In a much anticipated speech on Tuesday night, President Trump announced Title X funding changes to prohibit abortion providers from receiving grants through the program. His announcement was part of a speech delivered at the Susan B. Anthony List's 11th annual Campaign for Life gala.

A draft of the Title X update was shared by the Department of Health and Human services earlier on the same day, though it has not yet been posted to the Federal Register. According to a Planned Parenthood press release, there is expected to be a 60-day comment period after its posting.

"For decades, American taxpayers have been forced to subsidize the abortion industry through Title X funding," Trump said Tuesday. "My administration has proposed a new rule to prohibit Title X funding from going to any clinic that performs abortions."

Reports that the Trump administration would seek to narrow clinic eligibility for Title X grants have circulated for weeks. Pro-choice groups have largely classified the then-rumored proposal as a direct effort to restrict Planned Parenthood's access to federal monies. Indeed, while introducing Trump on Tuesday night, the president of Susan B. Anthony List, Marjorie Jones Dannenfelser, said that the group was specifically fighting to separate Planned Parenthood from federal dollars.

"President Trump has done everything in his power to protect unborn children and their mothers, and to get their tax dollars out of the abortion business for good," she said during her remarks.

Pro-choice groups immediately responded to Trump's announcement. “Everyone, regardless of their income or where they live, deserves the best medical care and information available," said Dawn Laguens, executive vice president, Planned Parenthood Federation of America, in a press release. "Under this rule, they won’t get it. This is one of the largest-scale and most dangerous attacks we’ve seen on women’s rights and reproductive health care in this country. This policy is straight out of The Handmaid’s Tale — yet, it’s taking effect in America in 2018."

Aside from demanding "financial and physical separation between Title X funded projects" and clinics and programs that perform abortions, the proposed changes seek to prevent doctors who receive Title X funding from directly referring patients to abortion services. Under the current draft language, doctors would be able to "counsel" patients about abortions, but if their facilities or projects receive Title X grants, those doctors would not be allowed to, "perform, promote, refer for, or support, abortion as a method of family planning."

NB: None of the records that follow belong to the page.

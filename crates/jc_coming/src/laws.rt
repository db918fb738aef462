//! Laws on what is still to come where no pod is written. Each function is empty: what it ensures holds of every log, all
//! notes and every plan, and its callers may cite it.

ghost use Rattle.std.specs.Prelude.{◌≡◌, ◌<◌, ◌≤◌, ◌∷◌, List, [], None, Some, false, true, ℕ};
ghost use Rattle.jc_types.specs.declared.objects.Entry.{Entry};
ghost use Rattle.jc_types.specs.declared.objects.Entry.TheVariants.{JobPut};
ghost use Rattle.jc_types.specs.declared.objects.Job.{Job};
ghost use Rattle.jc_types.specs.declared.objects.KeyNames.{KeyNames as Key};
ghost use Rattle.jc_types.specs.declared.statuses.JobStatus.{JobStatus};
ghost use Rattle.jc_states.specs.declared.bases.Basis.{Basis};
ghost use Rattle.jc_states.specs.Bases.{own_pods};
ghost use Rattle.jc_log.specs.Log.{job_in};
ghost use Rattle.jc_log.specs.Range.{end_of_moments};
ghost use Rattle.jc_log.specs.Requests.{with_status};
ghost use Rattle.jc_control.specs.Schedules.{log_end};
ghost use Rattle.jc_plan.specs.Plans.{planned};
ghost use Rattle.jc_history.specs.Delays.{least_delay};
ghost use Rattle.jc_history.specs.Fresh.{basis};
ghost use Rattle.jc_history.specs.Lines.{line};
ghost use Rattle.jc_history.specs.Notes.{Note, Ticked};
ghost use Rattle.jc_coming.specs.Drafts.{AsksForNoPod, WritesOnly, is_draft, next_quiet, showing, statuses_to_come};
ghost use Rattle.jc_coming.specs.Moments.{
  ShowsAll,
  TicksIdly,
  empty_sync,
  is_moment_to_come,
  keys_to_come,
  moments_to_come,
};

/// What a sync starts from, where both caches have seen the whole log, shows all that the log and the notes say of its
/// key.
pub fn bases_of_the_whole_log_show_all()
    ensures { (notes : List Note) (log : List Entry) (now : ℕ) (key : Key)
        → ShowsAll notes log (basis notes log now key (log_end log) (log_end log)) }
{}

/// **A written status is no draft any more.** Where a plan makes, marks, lets go and releases no pod its first status
/// is the next one of its Job; with it written fewer statuses are to come, and nothing is left to write: no second
/// status, and no other first one.
pub fn a_written_status_is_no_draft()
    ensures fewer { (log : List Entry) (job : Job) (basis : Basis) (status : JobStatus)
        → WritesOnly log basis job status → job_in basis.key log ≡ Some job
        → statuses_to_come basis.now (JobPut (with_status log job status) ∷ log)
        < statuses_to_come basis.now log }
    ensures next { (log : List Entry) (job : Job) (basis : Basis) (status : JobStatus)
        → WritesOnly log basis job status
        → next_quiet basis.now (with_status log job status) (own_pods job basis.pods) ≡ status }
    ensures once { (basis : Basis) → AsksForNoPod (planned basis) → (planned basis).second ≡ None }
{}

/// Where a plan writes no status, the moment that it names is one to come: the Job's deadline, or that before which
/// the controller holds its pods back.
pub fn unwritten_plans_name_moments_to_come()
    ensures { (notes : List Note) (log : List Entry) (basis : Basis) (m : ℕ)
        → ShowsAll notes log basis → (planned basis).first ≡ None
        → (planned basis).next ≡ Some m
        → is_moment_to_come basis.now log notes basis.key m ≡ true }
{}

/// **The clock brings nothing new.** With it no more statuses are to come, up to the last moment, since a status
/// becomes a draft only where a deadline has passed that was ahead, and no more moments. Where no key is in line and no
/// moment has passed, no more keys are to come, and fewer where a delay was due.
pub fn the_clock_brings_nothing_new()
    ensures statuses { (now later : ℕ) (log : List Entry) → now ≤ later → later < end_of_moments
        → statuses_to_come later log ≤ statuses_to_come now log }
    ensures moments { (now later : ℕ) (log : List Entry) (notes : List Note) → now ≤ later
        → moments_to_come later log (Ticked later ∷ notes) ≤ moments_to_come now log notes }
    ensures keys { (now later : ℕ) (log : List Entry) (notes : List Note)
        → TicksIdly now later log notes
        → keys_to_come later log (Ticked later ∷ notes) ≤ keys_to_come now log notes }
    ensures due { (now later : ℕ) (log : List Entry) (notes : List Note) (due : ℕ)
        → TicksIdly now later log notes → least_delay notes ≡ Some due → due ≤ later
        → keys_to_come later log (Ticked later ∷ notes) < keys_to_come now log notes }
{}

/// **An empty sync takes a key.** A sync of the first key in line that saw the whole log and writes no status leaves
/// the moments to come as they were, and fewer keys: its key leaves the line, and is delayed to a moment to come if at
/// all.
pub fn empty_syncs_take_a_key()
    ensures moments { (now w ended : ℕ) (log : List Entry) (notes : List Note) (basis : Basis)
        → moments_to_come now log (empty_sync w basis ended notes) ≡ moments_to_come now log notes }
    ensures keys { (w ended : ℕ) (log : List Entry) (notes : List Note) (basis : Basis)
        (rest : List Key) → line notes ≡ basis.key ∷ rest → ShowsAll notes log basis
        → (planned basis).first ≡ None
        → keys_to_come basis.now log (empty_sync w basis ended notes)
        < keys_to_come basis.now log notes }
{}

/// **Wrong statuses are drafts**, worked out. A machine that writes another status at each sync leaves a draft each time:
/// here the number of active pods of a Job that has none, 1 and then 2, where 0 is no draft. And a moment that has passed
/// is none to come, so a clock that rings for it brings nothing nearer.
pub fn wrong_statuses_are_drafts()
    ensures right { (job : Job) → is_draft 0 (showing 0 job) [] ≡ false }
    ensures first { (job : Job) → is_draft 0 (showing 1 job) [] ≡ true }
    ensures second { (job : Job) → is_draft 0 (showing 2 job) [] ≡ true }
    ensures passed { (now m : ℕ) (log : List Entry) (notes : List Note) (key : Key) → m ≤ now
        → is_moment_to_come now log notes key m ≡ false }
{}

Currently, Title X funding services about 4 million people, and approximately 41 percent of these recipients receive care at Planned Parenthood. However, Planned Parenthood maintains that it comprises only 13 percent of the health care centers who receive Title X funding across the country. While the proposed changes have been characterized as a direct swipe at the organization, they could potentially produce negative consequences well beyond Planned Parenthood's doors.

If clinics that perform abortions are no longer eligible for Title X funding, then other health care clinics and hospitals could potentially be forced to shoulder the burden of seeing patients who would otherwise go to health care centers like Planned Parenthood. And even though Planned Parenthood services a very large percentage of Title X recipients, almost 75 percent their public funding actually comes from Medicaid reimbursements — not Title X.

Additionally, Title X funds care for some of the most vulnerable populations. The Guttmacher Institute reports that two-thirds of people who receive care through Title X are at or below the federal poverty level. And, according to the institute, approximately six in 10 women who use federal monies to pay for contraception, do so through Title X-backed health care providers.

The proposed changes are not codified yet, but as evidenced in Tuesday night's speeches, anti-choice groups are tremendously intent on seeing them passed. What happens next will be key.